Personal information
- Nationality: American
- Born: September 16, 1993 (age 32) London, England
- Height: 6 ft 0 in (182.9 cm)

Sport
- Sport: Swimming
- Strokes: Breaststroke
- Club: Nation's Capital Swim Club
- College team: Emory University

Medal record
Men's swimming
Representing United States
| Event | 1st | 2nd | 3rd |
| Olympic Games | 1 | 0 | 0 |
| World Championships (LC) | 0 | 2 | 0 |
| World Championships (SC) | 1 | 1 | 0 |
| Pan Pacific Championships | 1 | 0 | 0 |
| Total | 3 | 3 | 0 |
Olympic Games
| Gold medal – first place | 2020 Tokyo | 4×100 m medley |
World Championships (LC)
| Silver medal – second place | 2019 Gwangju | 4×100 m medley |
| Silver medal – second place | 2019 Gwangju | 4×100 m mixed medley |
World Championships (SC)
| Gold medal – first place | 2018 Hangzhou | 4×100 m medley |
| Silver medal – second place | 2018 Hangzhou | 4×50 m medley |
Pan Pacific Championships
| Gold medal – first place | 2018 Tokyo | 4×100 m medley |
Summer Universiade
| Gold medal – first place | 2017 Taipei | 100 m breaststroke |
| Gold medal – first place | 2017 Taipei | 200 m breaststroke |
| Gold medal – first place | 2017 Taipei | 4×100 m medley |

= Andrew Wilson (swimmer) =

American swimmer

Andrew Wilson (born September 16, 1993) is a retired American swimmer. At the 2020 Summer Olympics, he placed 6th in the 100 meter breaststroke, 17th in the 200 meter breaststroke, and won a gold medal in the 4x100 meter medley relay, for his efforts in the prelims of the relay.

==Background==
Wilson graduated from Phillips Academy in 2012 and Emory University in 2017, where he was a non-recruited member of the swim team.

==Swimming career==
===2019 World Championships===
Wilson competed in the 100 meter breaststroke at the 2019 World Aquatics Championships.

===2021===
====2020 US Olympic Trials====
In June 2021, he placed second at the 2020 US Olympic Team Trials in the final of the 100 meter breaststroke with a time of 58.74, qualifying for the 2020 Olympic Games in the event. He finished second in the 200 meter breaststroke as well, with a time of 2:08.32 and qualified for the US Olympic Swimming Team in his second individual event.
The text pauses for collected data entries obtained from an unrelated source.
//! A login, from the greeting to the peer's password or its word.
ghost use Rattle.std.specs.Prelude.{◌≡◌, ◌+◌, ◌≤◌, ◌++◌, length, map, filter, codes, IfOk, OnOk, OnErr};
ghost use Rattle.binkp_args.specs.Command.{command_text, Error};
ghost use Rattle.binkp_args.specs.Limits.{AreAddresses, HasAddresses};
ghost use Rattle.cram_md5.specs.Answer.{answer};
ghost use Rattle.cram_md5.specs.Views.{offered};
ghost use Rattle.ftn_addr.specs.Address.{address};
ghost use Rattle.mail_conf.specs.ConfView.{conf_text};
ghost use Rattle.session_auth.specs.Login.{Bad_password, breaks, enters, says};
ghost use Rattle.session_auth.specs.Passwords.{shares, wanted_password};
ghost use Rattle.session_auth.specs.Views.{Takes};

use crate::greeting::say_greeting;
use crate::passwords::{
    is_among, later_offer, password_for, sharers, spoken_password, wanted_password, without_own,
};
use crate::saying::{say_accepted, say_error, say_fault, say_password};
use crate::stage::{Peers, Stage};
use crate::{AuthStep, Login, LoginFault, Side};
use binkp_args::Command;
use cram_md5::{Offer, answer_text, check};
use ftn_addr::{Addr, Bytes, NoMemory};
use mail_conf::Conf;
use std::alloc::Global;
use std::mem;

/// A login: its side, the challenge that it offered, and where it stands.
#[derive(Debug, Drop)]
pub struct Auth {
    side: Side,
    challenge: [u8; 16],
    stage: Stage,
}

impl Auth {
    ghost use Rattle.session_auth.specs.Greeting.{greeting};
    ghost use Rattle.session_auth.specs.Login.{before_address, before_password, before_word, early_password, early_word, judged, met, named, reply_to};
    ghost use Rattle.session_auth.specs.Passwords.{without_own};
    ghost use Rattle.session_auth.specs.Says.{said_bytes};
    ghost use Rattle.session_auth.specs.Sides.{side_of};
    ghost use Rattle.session_auth.specs.Views.{Begins, Keeps, stage_of, terms_of};

    /// Before the greeting. The challenge is offered at the answering side alone. This takes no memory.
    pub fn new(side: Side, challenge: [u8; 16]) -> Auth
        ensures { Begins side challenge result }
    {
        Auth {
            side,
            challenge,
            stage: Stage::AwaitsAddress(Offer::Absent),
        }
    }

    /// Its side.
    pub fn side(&self) -> &Side
        ensures { side_of result.now ≡ side_of self.now.side }
    {
        &self.side
    }

    /// Says the greeting at the end of `out`, in 40,000 bytes at the most, at a moment in seconds since 1970. The settings have
    /// an own address.
    ///
    /// # Errors
    /// `NoMemory`: `out` holds what it held.
    pub fn greet(
        &self,
        alloc: Global,
        conf: &Conf,
        now: u64,
        out: &mut Bytes,
    ) -> Result<(), NoMemory>
        requires { AreAddresses (conf_text conf.now).addresses }
        ensures said { OnOk result (out.new.list ≡ out.old.list ++ said_bytes (greeting (side_of self.now.side) (conf_text conf.now) self.now.challenge now)) }
        ensures err { OnErr result (out.new.list ≡ out.old.list) }
        ensures short { OnOk result (length out.new.list ≤ length out.old.list + 40000) }
    {
        let mut text = Bytes::new(alloc);
        say_greeting(alloc, &self.side, conf, &self.challenge, now, &mut text)?;
        out.push_slice(text.as_slice())
    }

    /// A login whose greeting stands at the end of `out`.
    ///
    /// # Errors
    /// `NoMemory`: `out` holds what it held.
    pub fn start(
        alloc: Global,
        side: Side,
        conf: &Conf,
        challenge: [u8; 16],
        now: u64,
        out: &mut Bytes,
    ) -> Result<Auth, NoMemory>
        requires { AreAddresses (conf_text conf.now).addresses }
        ensures said { OnOk result (out.new.list ≡ out.old.list ++ said_bytes (greeting (side_of side) (conf_text conf.now) challenge now)) }
        ensures begins { IfOk result (λ auth. Begins side challenge auth) }
        ensures err { OnErr result (out.new.list ≡ out.old.list) }
    {
        let auth = Auth::new(side, challenge);
        auth.greet(alloc, conf, now, out)?;
        Ok(auth)
    }

    /// Takes the next command of the peer's, and adds what is said to `out`. After an end or an error the login isn't used any more.
    ///
    /// # Errors
    /// `NoMemory`: `out` holds what it held.
    pub fn take(
        &mut self,
        alloc: Global,
        command: Command,
        conf: &Conf,
        out: &mut Bytes,
    ) -> Result<AuthStep, NoMemory>
        requires { HasAddresses (command_text command) }
        ensures takes { Takes (reply_to (terms_of self.old (conf_text conf.now)) (stage_of self.old.stage) (command_text command)) out.old.list out.new.list self.new result }
        ensures keeps { Keeps self.old self.new }
    {
        match mem::replace(&mut self.stage, Stage::AwaitsAddress(Offer::Absent)) {
            Stage::AwaitsAddress(offer) => {
                self.take_before_address(alloc, offer, command, conf, out)
            }
            Stage::AwaitsPassword(peers) => {
                self.take_before_password(alloc, peers, command, conf, out)
            }
            Stage::AwaitsWord(peers, secure) => {
                self.take_before_word(alloc, peers, secure, command, out)
            }
        }
    }

    /// The login goes on, at that stage.
    fn goes_on(&mut self, stage: Stage) -> AuthStep
        ensures more { result ≡ AuthStep.More }
        ensures stage { self.new.stage ≡ stage }
        ensures keeps { Keeps self.old self.new }
    {
        self.stage = stage;
        AuthStep::More
    }

    /// Refuses a command, with the M_ERR that this owes.
    fn refuse(
        &self,
        alloc: Global,
        fault: LoginFault,
        out: &mut Bytes,
    ) -> Result<AuthStep, NoMemory>
        ensures { Takes (breaks fault) out.old.list out.new.list self.now result }
    {
        say_fault(alloc, fault, out)?;
        Ok(AuthStep::Broke(fault))
    }

    /// A command before the peer's addresses.
    fn take_before_address(
        &mut self,
        alloc: Global,
        offer: Offer,
        command: Command,
        conf: &Conf,
        out: &mut Bytes,
    ) -> Result<AuthStep, NoMemory>
        requires { HasAddresses (command_text command) }
        ensures takes { Takes (before_address (terms_of self.old (conf_text conf.now)) (offered offer) (command_text command)) out.old.list out.new.list self.new result }
        ensures keeps { Keeps self.old self.new }
    {
        match command {
            Command::Nul(text) => {
                let later = later_offer(alloc, offer, text.as_slice())?;
                Ok(self.goes_on(Stage::AwaitsAddress(later)))
            }
            Command::Adr(addresses) => self.take_addresses(alloc, offer, addresses, conf, out),
            Command::Pwd(_) => self.take_early_password(alloc, offer, out),
            Command::Accept(_) => self.take_early_word(alloc, offer, out),
            Command::Err(text) => Ok(AuthStep::PeerError(text)),
            Command::Bsy(_) => Ok(AuthStep::PeerBusy),
            Command::Other(_) => Ok(self.goes_on(Stage::AwaitsAddress(offer))),
            Command::File(_, _) => self.refuse(alloc, LoginFault::OutOfTurn, out),
            Command::Eob => self.refuse(alloc, LoginFault::OutOfTurn, out),
            Command::Got(_) => self.refuse(alloc, LoginFault::OutOfTurn, out),
            Command::Get(_, _) => self.refuse(alloc, LoginFault::OutOfTurn, out),
            Command::Skip(_) => self.refuse(alloc, LoginFault::OutOfTurn, out),
        }
    }

    /// The peer's addresses come.
    fn take_addresses(
        &mut self,
        alloc: Global,
        offer: Offer,
        addresses: Vec<Addr>,
        conf: &Conf,
        out: &mut Bytes,
    ) -> Result<AuthStep, NoMemory>
        requires { AreAddresses (map address addresses.items) }
        ensures takes { Takes (named (terms_of self.old (conf_text conf.now)) (offered offer) (without_own (conf_text conf.now).addresses (map address addresses.items))) out.old.list out.new.list self.new result }
        ensures keeps { Keeps self.old self.new }
    {
        let others = without_own(alloc, conf.addresses.as_slice(), addresses)?;
        if others.is_empty() {
            return self.refuse(alloc, LoginFault::NoAddress, out);
        }
        self.meet(alloc, offer, Peers { addresses: others }, conf, out)
    }

    /// The peer has these addresses. The calling side wants the called one among them, and says its password.
    fn meet(
        &mut self,
        alloc: Global,
        offer: Offer,
        peers: Peers,
        conf: &Conf,
        out: &mut Bytes,
    ) -> Result<AuthStep, NoMemory>
        ensures takes { Takes (met (terms_of self.old (conf_text conf.now)) (side_of self.old.side) (offered offer) (map address peers.addresses.items)) out.old.list out.new.list self.new result }
        ensures keeps { Keeps self.old self.new }
    {
        match &self.side {
            Side::Answers => Ok(self.goes_on(Stage::AwaitsPassword(peers))),
            Side::Calls(called) => {
                if !is_among(called, peers.addresses.as_slice()) {
                    return self.refuse(alloc, LoginFault::NotCalled, out);
                }
                let password = password_for(conf, called);
                let text = spoken_password(alloc, password, &offer)?;
                say_password(alloc, text, out)?;
                Ok(self.goes_on(Stage::AwaitsWord(peers, !password.is_empty())))
            }
        }
    }

    /// M_PWD before M_ADR.
    fn take_early_password(
        &mut self,
        alloc: Global,
        offer: Offer,
        out: &mut Bytes,
    ) -> Result<AuthStep, NoMemory>
        ensures takes { Takes (early_password (side_of self.old.side) (offered offer)) out.old.list out.new.list self.new result }
        ensures keeps { Keeps self.old self.new }
    {
        match &self.side {
            Side::Answers => self.refuse(alloc, LoginFault::OutOfTurn, out),
            Side::Calls(_) => Ok(self.goes_on(Stage::AwaitsAddress(offer))),
        }
    }

    /// M_OK before the own password.
    fn take_early_word(
        &mut self,
        alloc: Global,
        offer: Offer,
        out: &mut Bytes,
    ) -> Result<AuthStep, NoMemory>
        ensures takes { Takes (early_word (side_of self.old.side) (offered offer)) out.old.list out.new.list self.new result }
        ensures keeps { Keeps self.old self.new }
    {
        match &self.side {
            Side::Answers => Ok(self.goes_on(Stage::AwaitsAddress(offer))),
            Side::Calls(_) => self.refuse(alloc, LoginFault::OutOfTurn, out),
        }
    }

    /// A command before the caller's password.
    fn take_before_password(
        &mut self,
        alloc: Global,
        peers: Peers,
        command: Command,
        conf: &Conf,
        out: &mut Bytes,
    ) -> Result<AuthStep, NoMemory>
        ensures takes { Takes (before_password (terms_of self.old (conf_text conf.now)) (map address peers.addresses.items) (command_text command)) out.old.list out.new.list self.new result }
        ensures keeps { Keeps self.old self.new }
    {
        match command {
            Command::Pwd(text) => self.judge(alloc, peers, text, conf, out),
            Command::Err(text) => Ok(AuthStep::PeerError(text)),
            Command::Bsy(_) => Ok(AuthStep::PeerBusy),
            Command::Nul(_) => Ok(self.goes_on(Stage::AwaitsPassword(peers))),
            Command::Adr(_) => Ok(self.goes_on(Stage::AwaitsPassword(peers))),
            Command::Accept(_) => Ok(self.goes_on(Stage::AwaitsPassword(peers))),
            Command::Other(_) => Ok(self.goes_on(Stage::AwaitsPassword(peers))),
            Command::File(_, _) => self.refuse(alloc, LoginFault::OutOfTurn, out),
            Command::Eob => self.refuse(alloc, LoginFault::OutOfTurn, out),
            Command::Got(_) => self.refuse(alloc, LoginFault::OutOfTurn, out),
            Command::Get(_, _) => self.refuse(alloc, LoginFault::OutOfTurn, out),
            Command::Skip(_) => self.refuse(alloc, LoginFault::OutOfTurn, out),
        }
    }

    /// M_PWD at the answering side.
    fn judge(
        &self,
        alloc: Global,
        peers: Peers,
        given: Bytes,
        conf: &Conf,
        out: &mut Bytes,
    ) -> Result<AuthStep, NoMemory>
        ensures { Takes (judged (terms_of self.now (conf_text conf.now)) (map address peers.addresses.items) given.list (wanted_password (conf_text conf.now) (map address peers.addresses.items))) out.old.list out.new.list self.now result }
    {
        match wanted_password(conf, peers.addresses.as_slice()) {
            None => self.enter(alloc, peers, false, out),
            Some(password) => {
                if check(password, &self.challenge, given.as_slice()) {
                    self.enter(
                        alloc,
                        with_password(alloc, peers, password, conf)?,
                        true,
                        out,
                    )
                } else {
                    self.refuse_password(alloc, password, given, out)
                }
            }
        }
    }

    /// M_OK at the answering side: the peer is in.
    fn enter(
        &self,
        alloc: Global,
        peers: Peers,
        secure: bool,
        out: &mut Bytes,
    ) -> Result<AuthStep, NoMemory>
        ensures { Takes (enters (map address peers.addresses.items) secure) out.old.list out.new.list self.now result }
    {
        let text: &[u8] = if secure { b"secure" } else { b"non-secure" };
        say_accepted(alloc, text, out)?;
        Ok(AuthStep::In(Login {
            peers: peers.addresses,
            secure,
        }))
    }

    /// M_ERR for a password that isn't the right one.
    fn refuse_password(
        &self,
        alloc: Global,
        password: &[u8],
        given: Bytes,
        out: &mut Bytes,
    ) -> Result<AuthStep, NoMemory>
        ensures { Takes (says (Error (codes "bad password")) (Bad_password (answer password.now self.now.challenge) given.list)) out.old.list out.new.list self.now result }
    {
        let mut wanted = Bytes::new(alloc);
        answer_text(alloc, password, &self.challenge, &mut wanted)?;
        say_error(alloc, b"bad password", out)?;
        Ok(AuthStep::BadPassword(wanted, given))
    }

    /// A command before the word that the own password is accepted.
    fn take_before_word(
        &mut self,
        alloc: Global,
        peers: Peers,
        secure: bool,
        command: Command,
        out: &mut Bytes,
    ) -> Result<AuthStep, NoMemory>
        ensures takes { Takes (before_word (map address peers.addresses.items) secure (command_text command)) out.old.list out.new.list self.new result }
        ensures keeps { Keeps self.old self.new }
    {
        match command {
            Command::Accept(_) => Ok(AuthStep::In(Login {
                peers: peers.addresses,
                secure,
            })),
            Command::Err(text) => Ok(AuthStep::PeerError(text)),
            Command::Bsy(_) => Ok(AuthStep::PeerBusy),
            Command::Nul(_) => Ok(self.goes_on(Stage::AwaitsWord(peers, secure))),
            Command::Adr(_) => Ok(self.goes_on(Stage::AwaitsWord(peers, secure))),
            Command::Pwd(_) => Ok(self.goes_on(Stage::AwaitsWord(peers, secure))),
            Command::Other(_) => Ok(self.goes_on(Stage::AwaitsWord(peers, secure))),
            Command::File(_, _) => self.refuse(alloc, LoginFault::OutOfTurn, out),
            Command::Eob => self.refuse(alloc, LoginFault::OutOfTurn, out),
            Command::Got(_) => self.refuse(alloc, LoginFault::OutOfTurn, out),
            Command::Get(_, _) => self.refuse(alloc, LoginFault::OutOfTurn, out),
            Command::Skip(_) => self.refuse(alloc, LoginFault::OutOfTurn, out),
        }
    }
}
====2020 Summer Olympics====

At the 2020 Summer Olympics in Tokyo, Japan, Wilson competed in the 100 meter breaststroke, 4x100 meter mixed medley relay, and the 4x100 meter medley relay.

In the 100 meter breaststroke, Wilson finished sixth in the final of the event on day three of competition with a time of 58.99. In the prelims of the 200 meter breaststroke, he ranked 17th with a time of 2:09.97 and did not advance to the semifinals.
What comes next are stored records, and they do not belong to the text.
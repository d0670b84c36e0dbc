//! What a login says: one command, one frame.
ghost use Rattle.std.specs.Prelude.{◌≡◌, ◌<◌, ◌++◌, [], ◌∷◌, length, OnOk, OnErr};
ghost use Rattle.binkp_args.specs.Command.{command_text, Nul, Pwd, Accept, Error};
ghost use Rattle.binkp_args.specs.Writing.{argument_of, IsKnown};
ghost use Rattle.session_auth.specs.Login.{fault_text};
ghost use Rattle.session_auth.specs.Says.{said_bytes};

use crate::LoginFault;
use binkp_args::{Command, write_command};
use ftn_addr::{Bytes, NoMemory};
use std::alloc::Global;

/// Says one command.
#[tactic(auto, using(std::proofs::lemmas::Grind::common_steps))]
pub(crate) fn say(alloc: Global, command: &Command, out: &mut Bytes) -> Result<(), NoMemory>
    requires known { IsKnown (command_text command.now) }
    requires fits { length (argument_of (command_text command.now)) < 32767 }
    ensures ok { OnOk result (out.new.list ≡ out.old.list ++ said_bytes (command_text command.now ∷ [])) }
    ensures err { OnErr result (out.new.list ≡ out.old.list) }
{
    write_command(alloc, command, out)
}

/// M_NUL with a text of less than a frame.
pub(crate) fn say_text(alloc: Global, text: Bytes, out: &mut Bytes) -> Result<(), NoMemory>
    requires { length text.list < 32767 }
    ensures ok { OnOk result (out.new.list ≡ out.old.list ++ said_bytes (Nul text.list ∷ [])) }
    ensures err { OnErr result (out.new.list ≡ out.old.list) }
{
    say(alloc, &Command::Nul(text), out)
}

/// M_PWD.
pub(crate) fn say_password(alloc: Global, text: Bytes, out: &mut Bytes) -> Result<(), NoMemory>
    requires { length text.list < 32767 }
    ensures ok { OnOk result (out.new.list ≡ out.old.list ++ said_bytes (Pwd text.list ∷ [])) }
    ensures err { OnErr result (out.new.list ≡ out.old.list) }
{
    say(alloc, &Command::Pwd(text), out)
}

/// M_OK.
pub(crate) fn say_accepted(alloc: Global, text: &[u8], out: &mut Bytes) -> Result<(), NoMemory>
    requires { length text.now < 32767 }
    ensures ok { OnOk result (out.new.list ≡ out.old.list ++ said_bytes (Accept text.now ∷ [])) }
    ensures err { OnErr result (out.new.list ≡ out.old.list) }
{
    let text = Bytes::from_slice(alloc, text)?;
    say(alloc, &Command::Accept(text), out)
}

/// M_ERR.
pub(crate) fn say_error(alloc: Global, text: &[u8], out: &mut Bytes) -> Result<(), NoMemory>
    requires { length text.now < 32767 }
    ensures ok { OnOk result (out.new.list ≡ out.old.list ++ said_bytes (Error text.now ∷ [])) }
    ensures err { OnErr result (out.new.list ≡ out.old.list) }
{
    let text = Bytes::from_slice(alloc, text)?;
    say(alloc, &Command::Err(text), out)
}

/// The M_ERR that a fault owes.
pub(crate) fn say_fault(alloc: Global, fault: LoginFault, out: &mut Bytes) -> Result<(), NoMemory>
    ensures ok { OnOk result (out.new.list ≡ out.old.list ++ said_bytes (Error (fault_text fault) ∷ [])) }
    ensures err { OnErr result (out.new.list ≡ out.old.list) }
{
    match fault {
        LoginFault::NotCalled => say_error(alloc, b"not the called address", out),
        LoginFault::NoAddress => say_error(alloc, b"broken frame", out),
        LoginFault::OutOfTurn => say_error(alloc, b"broken frame", out),
    }
}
Wilson competed in the first race where men and women competed alongside each other in the pool in the same swimming event at an Olympic Games, the prelims of the 4x100 meter mixed medley relay. Along with his relay teammates Tom Shields, Regan Smith, and Abbey Weitzeil, the relay finished second overall and advanced to the final.
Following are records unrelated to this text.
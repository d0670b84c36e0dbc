//! The two sides of a session.

use ftn_addr::Addr;

/// Which side of its line a session is.
#[derive(Debug, Drop)]
pub enum Side {
    /// The peer called.
    Answers,
    /// This side called the node of that address.
    Calls(Addr),
}
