//! What holds of every login, whatever the peer says.
ghost use Rattle.std.specs.Prelude.{◌≡◌, ℕ, Bool, List, [], ◌∷◌};
ghost use Rattle.binkp_args.specs.Command.{CommandText, Nul, Pwd};
ghost use Rattle.cram_md5.specs.Offer.{Offered, Absent, Md5, offer_of};
ghost use Rattle.ftn_addr.specs.Address.{Address};
ghost use Rattle.session_auth.specs.Laws.{IsHidden, IsSent, KeepsSome, LetsInBy, addresses_at, announced_by};
ghost use Rattle.session_auth.specs.Login.{Awaits_address, Awaits_password, Awaits_word, In, More, Stage, Terms, reply_to};

/// The answering side lets in by an M_PWD alone. It is secure exactly where the password was checked that
/// the settings have for one of the peer's addresses; where they have none for any it isn't.
pub fn secure_where_a_password_was_checked()
    ensures { (t : Terms) (peers stay : List Address) (command : CommandText) (secure : Bool) → (reply_to t (Awaits_password peers) command).step ≡ In stay secure → LetsInBy t peers command secure }
{}

/// The calling side's login is secure exactly where it has a password for the node that it called, which it
/// has sent then.
pub fn secure_where_a_password_was_sent()
    ensures sent { (t : Terms) (offer : Offered) (command : CommandText) (peers : List Address) (secure : Bool) → (reply_to t (Awaits_address offer) command).step ≡ More (Awaits_word peers secure) → IsSent t offer (reply_to t (Awaits_address offer) command).said secure }
    ensures kept { (t : Terms) (peers stay : List Address) (was secure : Bool) (command : CommandText) → (reply_to t (Awaits_word peers was) command).step ≡ In stay secure → secure ≡ was }
{}

/// The peers that a login has at any time are some of those that the peer announced, in their order.
pub fn addresses_stay_in_order()
    ensures { (t : Terms) (stage : Stage) (command : CommandText) → KeepsSome (addresses_at stage (announced_by command)) (reply_to t stage command).step }
{}

/// Where the peer offered a challenge for MD5 no plain password is said; and a text without an offer takes
/// none away.
pub fn no_plain_password_at_an_offer()
    ensures hidden { (t : Terms) (challenge text : List ℕ) (command : CommandText) → (reply_to t (Awaits_address (Md5 challenge)) command).said ≡ Pwd text ∷ [] → IsHidden challenge text }
    ensures kept { (t : Terms) (offer : Offered) (text : List ℕ) → offer_of text ≡ Absent → (reply_to t (Awaits_address offer) (Nul text)).step ≡ More (Awaits_address offer) }
{}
On day seven, Wilson swam the breaststroke leg of the 4x100 meter medley relay in the prelims, with Hunter Armstrong swimming backstroke, Tom Shields butterfly, and Blake Pieroni freestyle, the four advanced the relay to the final of the event, ranking seventh overall. The finals relay finished first in the final on the last day of competition and Wilson won a gold medal with the finals relay and other prelims relay swimmers for his contribution.